▶ **Data records**:
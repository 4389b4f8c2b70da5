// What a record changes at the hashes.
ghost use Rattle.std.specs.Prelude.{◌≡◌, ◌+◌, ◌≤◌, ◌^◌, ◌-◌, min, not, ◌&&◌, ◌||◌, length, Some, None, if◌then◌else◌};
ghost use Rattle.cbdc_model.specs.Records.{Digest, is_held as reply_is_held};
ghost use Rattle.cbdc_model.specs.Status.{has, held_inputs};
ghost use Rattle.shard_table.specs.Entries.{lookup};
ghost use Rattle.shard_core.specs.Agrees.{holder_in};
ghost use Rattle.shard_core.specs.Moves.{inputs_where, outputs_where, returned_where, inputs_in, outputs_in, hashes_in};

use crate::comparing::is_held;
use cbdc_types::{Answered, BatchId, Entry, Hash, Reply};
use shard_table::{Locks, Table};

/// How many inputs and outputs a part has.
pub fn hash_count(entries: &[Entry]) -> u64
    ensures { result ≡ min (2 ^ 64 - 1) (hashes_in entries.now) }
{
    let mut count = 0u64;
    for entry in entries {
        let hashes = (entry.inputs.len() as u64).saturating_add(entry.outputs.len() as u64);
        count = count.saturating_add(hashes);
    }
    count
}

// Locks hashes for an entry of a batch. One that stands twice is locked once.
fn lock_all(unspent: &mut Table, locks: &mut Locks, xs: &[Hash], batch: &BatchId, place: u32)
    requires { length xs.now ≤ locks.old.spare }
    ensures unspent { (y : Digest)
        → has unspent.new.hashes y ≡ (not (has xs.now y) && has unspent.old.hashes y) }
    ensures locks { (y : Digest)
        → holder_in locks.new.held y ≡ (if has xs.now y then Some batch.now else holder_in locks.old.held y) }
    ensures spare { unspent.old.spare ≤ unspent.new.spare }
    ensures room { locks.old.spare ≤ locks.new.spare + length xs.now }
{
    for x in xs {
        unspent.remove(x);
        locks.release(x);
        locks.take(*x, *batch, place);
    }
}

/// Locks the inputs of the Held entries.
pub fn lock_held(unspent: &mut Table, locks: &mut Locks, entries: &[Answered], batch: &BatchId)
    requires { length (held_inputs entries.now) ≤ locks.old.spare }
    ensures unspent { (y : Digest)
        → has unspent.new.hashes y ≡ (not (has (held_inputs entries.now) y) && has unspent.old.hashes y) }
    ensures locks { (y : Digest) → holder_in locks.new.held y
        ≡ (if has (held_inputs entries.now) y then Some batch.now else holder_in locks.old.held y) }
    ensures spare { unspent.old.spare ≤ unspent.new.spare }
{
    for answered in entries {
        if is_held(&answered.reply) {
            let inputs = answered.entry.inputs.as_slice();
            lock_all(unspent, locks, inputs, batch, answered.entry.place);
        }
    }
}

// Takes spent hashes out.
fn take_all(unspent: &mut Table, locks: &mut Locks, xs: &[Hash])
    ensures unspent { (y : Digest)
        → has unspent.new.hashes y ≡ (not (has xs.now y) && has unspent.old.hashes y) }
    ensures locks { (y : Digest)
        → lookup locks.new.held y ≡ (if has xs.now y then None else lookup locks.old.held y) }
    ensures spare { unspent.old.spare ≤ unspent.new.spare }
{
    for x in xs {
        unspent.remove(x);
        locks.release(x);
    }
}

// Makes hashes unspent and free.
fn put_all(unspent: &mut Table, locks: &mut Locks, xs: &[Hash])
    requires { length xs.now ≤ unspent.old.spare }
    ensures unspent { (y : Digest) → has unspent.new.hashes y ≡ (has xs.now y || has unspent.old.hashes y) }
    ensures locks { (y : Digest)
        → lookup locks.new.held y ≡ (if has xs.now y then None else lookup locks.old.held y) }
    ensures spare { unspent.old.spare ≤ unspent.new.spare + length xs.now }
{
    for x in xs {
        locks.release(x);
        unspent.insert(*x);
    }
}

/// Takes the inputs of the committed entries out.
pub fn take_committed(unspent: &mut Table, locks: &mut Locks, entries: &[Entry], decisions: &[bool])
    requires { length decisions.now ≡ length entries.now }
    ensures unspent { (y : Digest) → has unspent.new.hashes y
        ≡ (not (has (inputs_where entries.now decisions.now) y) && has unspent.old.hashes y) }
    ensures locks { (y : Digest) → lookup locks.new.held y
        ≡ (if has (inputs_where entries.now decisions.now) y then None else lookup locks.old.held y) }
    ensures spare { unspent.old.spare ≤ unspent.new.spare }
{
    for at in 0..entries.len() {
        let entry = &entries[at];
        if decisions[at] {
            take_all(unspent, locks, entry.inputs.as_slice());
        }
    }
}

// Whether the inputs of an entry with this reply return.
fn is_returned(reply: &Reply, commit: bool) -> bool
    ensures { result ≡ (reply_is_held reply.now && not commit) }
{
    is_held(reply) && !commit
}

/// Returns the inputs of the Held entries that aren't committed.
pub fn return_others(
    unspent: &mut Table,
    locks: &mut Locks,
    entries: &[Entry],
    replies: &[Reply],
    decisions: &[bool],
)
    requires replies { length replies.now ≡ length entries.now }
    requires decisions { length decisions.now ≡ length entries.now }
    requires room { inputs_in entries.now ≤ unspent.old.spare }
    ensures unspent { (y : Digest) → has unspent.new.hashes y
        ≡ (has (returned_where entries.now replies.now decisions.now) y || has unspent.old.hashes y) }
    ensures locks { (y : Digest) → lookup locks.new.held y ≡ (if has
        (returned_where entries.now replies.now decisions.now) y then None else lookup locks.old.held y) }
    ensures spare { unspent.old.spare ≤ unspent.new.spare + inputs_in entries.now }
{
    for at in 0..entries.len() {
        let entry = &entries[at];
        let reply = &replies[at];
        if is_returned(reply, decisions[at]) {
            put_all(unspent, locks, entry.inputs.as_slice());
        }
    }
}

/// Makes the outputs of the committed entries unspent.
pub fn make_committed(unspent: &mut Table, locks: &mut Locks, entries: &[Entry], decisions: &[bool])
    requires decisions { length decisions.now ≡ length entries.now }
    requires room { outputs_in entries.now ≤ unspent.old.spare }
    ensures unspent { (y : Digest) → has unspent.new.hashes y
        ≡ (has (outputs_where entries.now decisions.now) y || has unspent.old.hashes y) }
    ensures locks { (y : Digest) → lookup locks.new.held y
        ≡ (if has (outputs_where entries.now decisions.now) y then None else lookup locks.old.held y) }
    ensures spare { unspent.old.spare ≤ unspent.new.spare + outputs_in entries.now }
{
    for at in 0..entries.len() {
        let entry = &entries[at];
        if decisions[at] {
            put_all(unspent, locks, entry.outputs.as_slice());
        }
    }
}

▶ **Task description**: Copy every record above out again, word for word.

▶ **Exercise solution**:
repository 4389b4f8c2b70da5
// What a record changes at the hashes.
ghost use Rattle.std.specs.Prelude.{◌≡◌, ◌+◌, ◌≤◌, ◌^◌, ◌-◌, min, not, ◌&&◌, ◌||◌, length, Some, None, if◌then◌else◌};
ghost use Rattle.cbdc_model.specs.Records.{Digest, is_held as reply_is_held};
ghost use Rattle.cbdc_model.specs.Status.{has, held_inputs};
ghost use Rattle.shard_table.specs.Entries.{lookup};
ghost use Rattle.shard_core.specs.Agrees.{holder_in};
ghost use Rattle.shard_core.specs.Moves.{inputs_where, outputs_where, returned_where, inputs_in, outputs_in, hashes_in};

use crate::comparing::is_held;
use cbdc_types::{Answered, BatchId, Entry, Hash, Reply};
use shard_table::{Locks, Table};

/// How many inputs and outputs a part has.
pub fn hash_count(entries: &[Entry]) -> u64
    ensures { result ≡ min (2 ^ 64 - 1) (hashes_in entries.now) }
{
    let mut count = 0u64;
    for entry in entries {
        let hashes = (entry.inputs.len() as u64).saturating_add(entry.outputs.len() as u64);
        count = count.saturating_add(hashes);
    }
    count
}

// Locks hashes for an entry of a batch. One that stands twice is locked once.
fn lock_all(unspent: &mut Table, locks: &mut Locks, xs: &[Hash], batch: &BatchId, place: u32)
    requires { length xs.now ≤ locks.old.spare }
    ensures unspent { (y : Digest)
        → has unspent.new.hashes y ≡ (not (has xs.now y) && has unspent.old.hashes y) }
    ensures locks { (y : Digest)
        → holder_in locks.new.held y ≡ (if has xs.now y then Some batch.now else holder_in locks.old.held y) }
    ensures spare { unspent.old.spare ≤ unspent.new.spare }
    ensures room { locks.old.spare ≤ locks.new.spare + length xs.now }
{
    for x in xs {
        unspent.remove(x);
        locks.release(x);
        locks.take(*x, *batch, place);
    }
}

/// Locks the inputs of the Held entries.
pub fn lock_held(unspent: &mut Table, locks: &mut Locks, entries: &[Answered], batch: &BatchId)
    requires { length (held_inputs entries.now) ≤ locks.old.spare }
    ensures unspent { (y : Digest)
        → has unspent.new.hashes y ≡ (not (has (held_inputs entries.now) y) && has unspent.old.hashes y) }
    ensures locks { (y : Digest) → holder_in locks.new.held y
        ≡ (if has (held_inputs entries.now) y then Some batch.now else holder_in locks.old.held y) }
    ensures spare { unspent.old.spare ≤ unspent.new.spare }
{
    for answered in entries {
        if is_held(&answered.reply) {
            let inputs = answered.entry.inputs.as_slice();
            lock_all(unspent, locks, inputs, batch, answered.entry.place);
        }
    }
}

// Takes spent hashes out.
fn take_all(unspent: &mut Table, locks: &mut Locks, xs: &[Hash])
    ensures unspent { (y : Digest)
        → has unspent.new.hashes y ≡ (not (has xs.now y) && has unspent.old.hashes y) }
    ensures locks { (y : Digest)
        → lookup locks.new.held y ≡ (if has xs.now y then None else lookup locks.old.held y) }
    ensures spare { unspent.old.spare ≤ unspent.new.spare }
{
    for x in xs {
        unspent.remove(x);
        locks.release(x);
    }
}

// Makes hashes unspent and free.
fn put_all(unspent: &mut Table, locks: &mut Locks, xs: &[Hash])
    requires { length xs.now ≤ unspent.old.spare }
    ensures unspent { (y : Digest) → has unspent.new.hashes y ≡ (has xs.now y || has unspent.old.hashes y) }
    ensures locks { (y : Digest)
        → lookup locks.new.held y ≡ (if has xs.now y then None else lookup locks.old.held y) }
    ensures spare { unspent.old.spare ≤ unspent.new.spare + length xs.now }
{
    for x in xs {
        locks.release(x);
        unspent.insert(*x);
    }
}

/// Takes the inputs of the committed entries out.
pub fn take_committed(unspent: &mut Table, locks: &mut Locks, entries: &[Entry], decisions: &[bool])
    requires { length decisions.now ≡ length entries.now }
    ensures unspent { (y : Digest) → has unspent.new.hashes y
        ≡ (not (has (inputs_where entries.now decisions.now) y) && has unspent.old.hashes y) }
    ensures locks { (y : Digest) → lookup locks.new.held y
        ≡ (if has (inputs_where entries.now decisions.now) y then None else lookup locks.old.held y) }
    ensures spare { unspent.old.spare ≤ unspent.new.spare }
{
    for at in 0..entries.len() {
        let entry = &entries[at];
        if decisions[at] {
            take_all(unspent, locks, entry.inputs.as_slice());
        }
    }
}

// Whether the inputs of an entry with this reply return.
fn is_returned(reply: &Reply, commit: bool) -> bool
    ensures { result ≡ (reply_is_held reply.now && not commit) }
{
    is_held(reply) && !commit
}

/// Returns the inputs of the Held entries that aren't committed.
pub fn return_others(
    unspent: &mut Table,
    locks: &mut Locks,
    entries: &[Entry],
    replies: &[Reply],
    decisions: &[bool],
)
    requires replies { length replies.now ≡ length entries.now }
    requires decisions { length decisions.now ≡ length entries.now }
    requires room { inputs_in entries.now ≤ unspent.old.spare }
    ensures unspent { (y : Digest) → has unspent.new.hashes y
        ≡ (has (returned_where entries.now replies.now decisions.now) y || has unspent.old.hashes y) }
    ensures locks { (y : Digest) → lookup locks.new.held y ≡ (if has
        (returned_where entries.now replies.now decisions.now) y then None else lookup locks.old.held y) }
    ensures spare { unspent.old.spare ≤ unspent.new.spare + inputs_in entries.now }
{
    for at in 0..entries.len() {
        let entry = &entries[at];
        let reply = &replies[at];
        if is_returned(reply, decisions[at]) {
            put_all(unspent, locks, entry.inputs.as_slice());
        }
    }
}

/// Makes the outputs of the committed entries unspent.
pub fn make_committed(unspent: &mut Table, locks: &mut Locks, entries: &[Entry], decisions: &[bool])
    requires decisions { length decisions.now ≡ length entries.now }
    requires room { outputs_in entries.now ≤ unspent.old.spare }
    ensures unspent { (y : Digest) → has unspent.new.hashes y
        ≡ (has (outputs_where entries.now decisions.now) y || has unspent.old.hashes y) }
    ensures locks { (y : Digest) → lookup locks.new.held y
        ≡ (if has (outputs_where entries.now decisions.now) y then None else lookup locks.old.held y) }
    ensures spare { unspent.old.spare ≤ unspent.new.spare + outputs_in entries.now }
{
    for at in 0..entries.len() {
        let entry = &entries[at];
        if decisions[at] {
            put_all(unspent, locks, entry.outputs.as_slice());
        }
    }
}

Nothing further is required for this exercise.